The Condo Shop is a collection of real estate boutiques where we are proud of our intimate knowledge of Philadelphia’s historic and award-winning neighborhoods.
— Condo Shop web site
It only seems as if Condo Shop has a piece of every building that is hot to rent or sell in Philly.
“We sold out Aria in 2010,” Gambhir says without bragging about the building in which his office is located. “There was a sheriff’s sale of 60 units and they were sold in 18 months.”
Same story with 1352, a brand new loft building at Broad and South.
Condo Shop aggressively markets its buildings — the balloons and arrow-pointing kids you see at 22nd and the Parkway are for Park Towne Place Premier, which recently underwent a $300 million renovation by its owner Aimco and has become a hot place for Millennials: the target market for everyone.

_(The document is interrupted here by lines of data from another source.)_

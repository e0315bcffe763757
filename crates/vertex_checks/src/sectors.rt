//! The big-little-big lemma: sectors smaller than both beside them.

ghost use Rattle.std.specs.Prelude.{◌≡◌, ◌<◌, ◌≤◌, ◌++◌, length, OnOk};
ghost use Rattle.crease_model.specs.Rules.{most_pieces};
ghost use Rattle.vertex_checks.specs.Sectors.{sector, around, sector_at, fold_one_way};
ghost use Rattle.vertex_checks.specs.Faults.{is_small_sector, little_fault_at, little_faults, vertex_faults};

use crate::checking::push_fault;
use crate::fans::Ray;
use crate::faults::{LocalFault, VertexFault};
use crease_model::Kind;
use plane_geometry::Point;
use std::alloc::AllocError;

// How far it is from one ray to the next, counterclockwise.
fn sector(q: Ray, r: Ray) -> u8
    ensures { result ≡ sector q r }
{
    (r.dir.number() + 16 - q.dir.number()) % 16
}

// The k-th ray from the first, round and round.
fn around(fan: &[Ray], k: usize) -> Ray
    requires { 0 < length fan.now }
    ensures { result ≡ around fan.now k }
{
    fan[k % fan.len()]
}

// The sector from the k-th ray to the next.
fn sector_at(fan: &[Ray], k: usize) -> u8
    requires some { 0 < length fan.now }
    requires few { k ≤ 4000 }
    ensures { result ≡ sector_at fan.now k }
{
    sector(around(fan, k), around(fan, k + 1))
}

// Whether both are mountains, or both are valleys.
fn fold_one_way(one: Kind, other: Kind) -> bool
    ensures { result ≡ fold_one_way one other }
{
    (one.same(Kind::Mountain) && other.same(Kind::Mountain))
        || (one.same(Kind::Valley) && other.same(Kind::Valley))
}

// Whether the sector from the k-th ray is smaller than both beside it, and its two creases fold one way.
fn is_small_sector(fan: &[Ray], k: usize) -> bool
    requires inside { k < length fan.now }
    requires few { length fan.now ≤ most_pieces }
    ensures { result ≡ is_small_sector fan.now k }
{
    let size = sector_at(fan, k);
    size < sector_at(fan, k + fan.len() - 1)
        && size < sector_at(fan, k + 1)
        && fold_one_way(around(fan, k).kind, around(fan, k + 1).kind)
}

fn push_little_fault(
    faults: &mut Vec<VertexFault>,
    v: &Point,
    fan: &[Ray],
    k: usize,
) -> Result<(), AllocError>
    requires inside { k < length fan.now }
    requires few { length fan.now ≤ most_pieces }
    ensures { OnOk result
        (faults.new.items ≡ faults.old.items ++ vertex_faults v.now (little_fault_at fan.now k)) }
{
    if is_small_sector(fan, k) {
        let direction = fan[k].dir;
        push_fault(faults, v, LocalFault::BigLittleBig { direction })?;
    }
    Ok(())
}

/// Adds the sectors around a vertex that are smaller than both beside them and whose two creases fold one way.
pub(crate) fn push_little_faults(
    faults: &mut Vec<VertexFault>,
    v: &Point,
    fan: &[Ray],
) -> Result<(), AllocError>
    requires { length fan.now ≤ most_pieces }
    ensures { OnOk result
        (faults.new.items ≡ faults.old.items ++ vertex_faults v.now (little_faults fan.now)) }
{
    if fan.len() < 4 {
        return Ok(());
    }
    for k in 0..fan.len() {
        push_little_fault(faults, v, fan, k)?;
    }
    Ok(())
}
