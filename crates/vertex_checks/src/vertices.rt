//! The vertices that are checked.

ghost use Rattle.std.specs.Prelude.{◌≡◌, ◌++◌, IfOk, OnOk};
ghost use Rattle.vertex_checks.specs.Vertices.{inner_point, inner_ends, inner_ends_of, vertices_of};

use crease_model::{Pattern, Piece, Place, Sheet};
use plane_geometry::Point;
use std::alloc::{AllocError, Global};

fn push_inner(points: &mut Vec<Point>, sheet: &Sheet, v: &Point) -> Result<(), AllocError>
    ensures { OnOk result (points.new.items ≡ points.old.items ++ inner_point sheet.now v.now) }
{
    if let Place::Inside = sheet.place(v) {
        points.push(*v)?;
    }
    Ok(())
}

fn push_inner_ends(points: &mut Vec<Point>, sheet: &Sheet, piece: &Piece) -> Result<(), AllocError>
    ensures { OnOk result (points.new.items ≡ points.old.items ++ inner_ends sheet.now piece.now) }
{
    push_inner(points, sheet, piece.segment.from())?;
    push_inner(points, sheet, piece.segment.to())
}

fn all_inner_ends(alloc: Global, pattern: &Pattern) -> Result<Vec<Point>, AllocError>
    ensures { IfOk result (λ points. points.items ≡ inner_ends_of pattern.now) }
{
    let sheet = pattern.sheet();
    let mut points = Vec::new(alloc);
    for piece in pattern.pieces() {
        push_inner_ends(&mut points, sheet, piece)?;
    }
    Ok(points)
}

/// The ends of pieces strictly inside the sheet, ascending.
pub fn vertices(alloc: Global, pattern: &Pattern) -> Result<Vec<Point>, AllocError>
    ensures { IfOk result (λ points. points.items ≡ vertices_of pattern.now) }
{
    let mut points = all_inner_ends(alloc, pattern)?;
    points.sort_unstable();
    points.dedup();
    Ok(points)
}
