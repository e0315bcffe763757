//! What may be wrong at a vertex.

use plane_geometry::{Dir, Point};

/// A condition of flat folding that the creases around a vertex don't meet.
#[derive(Clone, Copy, Debug, PartialEq, Eq)]
pub enum LocalFault {
    /// The reflections in the creases, one after the other, don't give the identity.
    Kawasaki,
    /// There are m mountains, v valleys and u unassigned creases, and however the unassigned ones fold, mountains and
    /// valleys don't differ by two.
    Maekawa { m: u32, v: u32, u: u32 },
    /// The sector that begins at this crease, counterclockwise, is smaller than both beside it, and its creases are both
    /// mountains or both valleys.
    BigLittleBig { direction: Dir },
}

/// A fault and the vertex where it is.
#[derive(Clone, Copy, Debug, PartialEq, Eq)]
pub struct VertexFault {
    pub vertex: Point,
    pub fault: LocalFault,
}
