//! Values as texts, without a copy where they hold one.
ghost use Rattle.std.specs.Prelude.{◌≡◌, ◌≢◌, IfOk, IfErr, Ok, Err};
ghost use Rattle.vb_value.specs.Conversions.{to_str_of};
ghost use Rattle.vb_value.specs.Errors.{reported};
ghost use Rattle.vb_strings.specs.Texts as spec;

use std::alloc::Global;
use vb_value::{Text, Value, VbFault, to_str};

/// A value as a text.
#[derive(Drop)]
pub enum AsText<'a> {
    /// The text that the value is.
    Held(&'a Text),
    /// The text that was made of it.
    Made(Text),
}

impl<'a> AsText<'a> {
    /// The text.
    pub fn text(&self) -> &Text
        ensures { result.now ≡ spec.characters_of self.now }
    {
        match self {
            AsText::Held(text) => text,
            AsText::Made(text) => text,
        }
    }

    /// The characters of the text, as they lie.
    pub fn as_slice(&self) -> &[char]
        ensures { result.now ≡ spec.characters_of self.now }
    {
        self.text().as_slice()
    }
}

/// A value as a text. The errors are those of `to_str`.
pub fn as_text(alloc: Global, value: &Value) -> Result<AsText<'_>, VbFault>
    ensures given { IfOk result (λ text. reported (to_str_of value.now) ≡ Ok (spec.characters_of text)) }
    ensures refused { IfErr result (λ stop. stop ≢ VbFault.Memory → reported (to_str_of value.now) ≡ Err stop) }
{
    match value {
        Value::Str(text) => Ok(AsText::Held(text)),
        _ => Ok(AsText::Made(to_str(alloc, value)?)),
    }
}
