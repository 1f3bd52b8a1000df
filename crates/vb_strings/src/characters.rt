//! Characters and their numbers.
ghost use Rattle.std.specs.Prelude.{◌≡◌};
ghost use Rattle.vb_value.specs.Errors.{reported};
ghost use Rattle.vb_value.specs.Outcome.{Answers};
ghost use Rattle.vb_strings.specs.Characters as spec;

use crate::repeating::first;
use crate::texts::as_text;
use std::alloc::Global;
use vb_value::{Text, Value, VbError, VbFault, the_argument, to_long};

/// `Asc` and `AscW`.
pub fn asc(alloc: Global, args: &[Value]) -> Result<Value, VbFault>
    ensures { Answers result VbFault.Memory (reported (spec.asc_of args.now)) }
{
    let s = the_argument(args)?;
    let text = as_text(alloc, s)?;
    Ok(number(first(text.as_slice())?))
}

/// The number of a character.
fn number(character: char) -> Value
    ensures { result ≡ spec.number_of character }
{
    let code = character as i32;
    if code < 32768 {
        Value::Int(code as i16)
    } else if code < 65536 {
        Value::Int((code - 65536) as i16)
    } else {
        Value::Long(code)
    }
}

/// `Chr` and `ChrW`.
pub fn chr(alloc: Global, args: &[Value]) -> Result<Value, VbFault>
    ensures { Answers result VbFault.Memory (reported (spec.chr_of args.now)) }
{
    let n = the_argument(args)?;
    let character = character(code(to_long(n)?)?)?;
    Ok(Value::Str(Text::from_slice(alloc, &[character])?))
}

/// The number of a character, where one from -32768 to -1 is smaller by 65536; error 5 below that.
fn code(number: i32) -> Result<u32, VbError>
    ensures { result ≡ spec.code_of number }
{
    if number < -32768 {
        Err(VbError::INVALID_CALL)
    } else if number < 0 {
        Ok((number + 65536) as u32)
    } else {
        Ok(number as u32)
    }
}

/// The character of a number; error 5 where there is none.
fn character(code: u32) -> Result<char, VbError>
    ensures { result ≡ spec.character_of code }
{
    match char::from_u32(code) {
        Some(character) => Ok(character),
        None => Err(VbError::INVALID_CALL),
    }
}
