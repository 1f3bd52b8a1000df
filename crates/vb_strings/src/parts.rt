//! Lengths and parts of texts.
ghost use Rattle.std.specs.Prelude.{◌≡◌, ◌∷◌, [], take, drop};
ghost use Rattle.vb_value.specs.Errors.{reported};
ghost use Rattle.vb_value.specs.NumericText.{without_first, without_last};
ghost use Rattle.vb_value.specs.Outcome.{Answers};
ghost use Rattle.vb_strings.specs.Parts as spec;
ghost use Rattle.vb_strings.specs.Results.{bounded};

use crate::results::{before_place, count, long, text_of};
use crate::texts::as_text;
use std::alloc::Global;
use vb_value::{Value, VbError, VbFault, is_null, the_argument, to_long};

/// `Len`.
pub fn len(alloc: Global, args: &[Value]) -> Result<Value, VbFault>
    ensures { Answers result VbFault.Memory (reported (spec.len_of args.now)) }
{
    let s = the_argument(args)?;
    if is_null(s) {
        return Ok(Value::Null);
    }
    let text = as_text(alloc, s)?;
    Ok(long(text.text().len())?)
}

/// `Left`.
pub fn left(alloc: Global, args: &[Value]) -> Result<Value, VbFault>
    ensures { Answers result VbFault.Memory (reported (bounded (spec.left_of args.now))) }
{
    match args {
        [s, n] => front(alloc, s, n),
        _ => Err(VbError::WRONG_NUMBER)?,
    }
}

/// At most so many characters from the front.
fn front(alloc: Global, s: &Value, n: &Value) -> Result<Value, VbFault>
    ensures { Answers result VbFault.Memory (reported (bounded (spec.left_of (s.now ∷ n.now ∷ [])))) }
{
    if is_null(s) {
        return Ok(Value::Null);
    }
    let text = as_text(alloc, s)?;
    let count = count(to_long(n)?)?;
    text_of(alloc, at_most(text.as_slice(), count))
}

/// `Right`.
pub fn right(alloc: Global, args: &[Value]) -> Result<Value, VbFault>
    ensures { Answers result VbFault.Memory (reported (bounded (spec.right_of args.now))) }
{
    match args {
        [s, n] => back(alloc, s, n),
        _ => Err(VbError::WRONG_NUMBER)?,
    }
}

/// At most so many characters from the end.
fn back(alloc: Global, s: &Value, n: &Value) -> Result<Value, VbFault>
    ensures { Answers result VbFault.Memory (reported (bounded (spec.right_of (s.now ∷ n.now ∷ [])))) }
{
    if is_null(s) {
        return Ok(Value::Null);
    }
    let text = as_text(alloc, s)?;
    let count = count(to_long(n)?)?;
    let start = text.text().len().saturating_sub(count);
    text_of(alloc, behind(text.as_slice(), start))
}

/// `Mid`.
pub fn mid(alloc: Global, args: &[Value]) -> Result<Value, VbFault>
    ensures { Answers result VbFault.Memory (reported (bounded (spec.mid_of args.now))) }
{
    match args {
        [s, i] => rest(alloc, s, i),
        [s, i, n] => middle(alloc, s, i, n),
        _ => Err(VbError::WRONG_NUMBER)?,
    }
}

/// A text from a place on.
fn rest(alloc: Global, s: &Value, i: &Value) -> Result<Value, VbFault>
    ensures { Answers result VbFault.Memory (reported (bounded (spec.mid_of (s.now ∷ i.now ∷ [])))) }
{
    if is_null(s) {
        return Ok(Value::Null);
    }
    let text = as_text(alloc, s)?;
    let skipped = before_place(to_long(i)?)?;
    text_of(alloc, behind(text.as_slice(), skipped))
}

/// At most so many characters from a place on.
fn middle(alloc: Global, s: &Value, i: &Value, n: &Value) -> Result<Value, VbFault>
    ensures { Answers result VbFault.Memory (reported (bounded (spec.mid_of (s.now ∷ i.now ∷ n.now ∷ [])))) }
{
    if is_null(s) {
        return Ok(Value::Null);
    }
    let text = as_text(alloc, s)?;
    let place = to_long(i)?;
    let number = to_long(n)?;
    let skipped = before_place(place)?;
    let count = count(number)?;
    text_of(alloc, at_most(behind(text.as_slice(), skipped), count))
}

/// What stands behind so many characters.
pub fn behind(text: &[char], skipped: usize) -> &[char]
    ensures { result.now ≡ drop skipped text.now }
{
    if skipped < text.len() {
        &text[skipped..]
    } else {
        &[]
    }
}

/// The first so many characters, or all where there are fewer.
pub fn at_most(text: &[char], count: usize) -> &[char]
    ensures { result.now ≡ take count text.now }
{
    if count < text.len() {
        &text[..count]
    } else {
        text
    }
}

/// `LTrim`.
pub fn ltrim(alloc: Global, args: &[Value]) -> Result<Value, VbFault>
    ensures { Answers result VbFault.Memory (reported (bounded (spec.ltrim_of args.now))) }
{
    let s = the_argument(args)?;
    if is_null(s) {
        return Ok(Value::Null);
    }
    let text = as_text(alloc, s)?;
    text_of(alloc, without_first_spaces(text.as_slice()))
}

/// `RTrim`.
pub fn rtrim(alloc: Global, args: &[Value]) -> Result<Value, VbFault>
    ensures { Answers result VbFault.Memory (reported (bounded (spec.rtrim_of args.now))) }
{
    let s = the_argument(args)?;
    if is_null(s) {
        return Ok(Value::Null);
    }
    let text = as_text(alloc, s)?;
    text_of(alloc, without_last_spaces(text.as_slice()))
}

/// `Trim`.
pub fn trim(alloc: Global, args: &[Value]) -> Result<Value, VbFault>
    ensures { Answers result VbFault.Memory (reported (bounded (spec.trim_of args.now))) }
{
    let s = the_argument(args)?;
    if is_null(s) {
        return Ok(Value::Null);
    }
    let text = as_text(alloc, s)?;
    text_of(
        alloc,
        without_last_spaces(without_first_spaces(text.as_slice())),
    )
}

/// The text from its first character on that is no space.
fn without_first_spaces(text: &[char]) -> &[char]
    ensures { result.now ≡ without_first spec.is_space text.now }
{
    let mut left = text;
    while let [first, rest @ ..] = left
        && *first == ' '
    {
        left = rest;
    }
    left
}

/// The text up to its last character that is no space.
fn without_last_spaces(text: &[char]) -> &[char]
    ensures { result.now ≡ without_last spec.is_space text.now }
{
    let mut end = text.len();
    while 0 < end && text[end - 1] == ' ' {
        end -= 1;
    }
    &text[..end]
}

Also the Parkway House at 22nd and the Parkway and 3737 Chestnut (left), a Bozzutto building at Penn.
Condo Shop has a huge and growing list of prospects — anyone who has ever looked for an apartment or bought a home — that it emails regularly with specials and discounted offers.
It also utilizes other sites — including TCSHomes, Condo.com, GoldOller, TCS Management, RentPhilly.com — to grow its business and its reach.
Every real estate company says it offers “full service” to its customers.
But Gambhir has refined it to a science — a true one-stop shop:
“If you rent or buy from us,” he says, “we handle contacting PECO, the phone company, the water department and Comcast!”
Anyone who has ever gone through the paces of moving into a new apartment or home know how time-consuming and nettlesome those contacts can be — especially Comcast.
Gambhir likes to says that his business “ranged from the $600 a month rental to the $6 million home buyer — with the old Gatsby estate in Sands Point, L. I., topping off at $16 million.
“And if you serve them right,”” Gambhir emphasizes, “they’re clients for life!”
And, as John Bolaris says:
“Our concept is a team — the dream team in real estate!”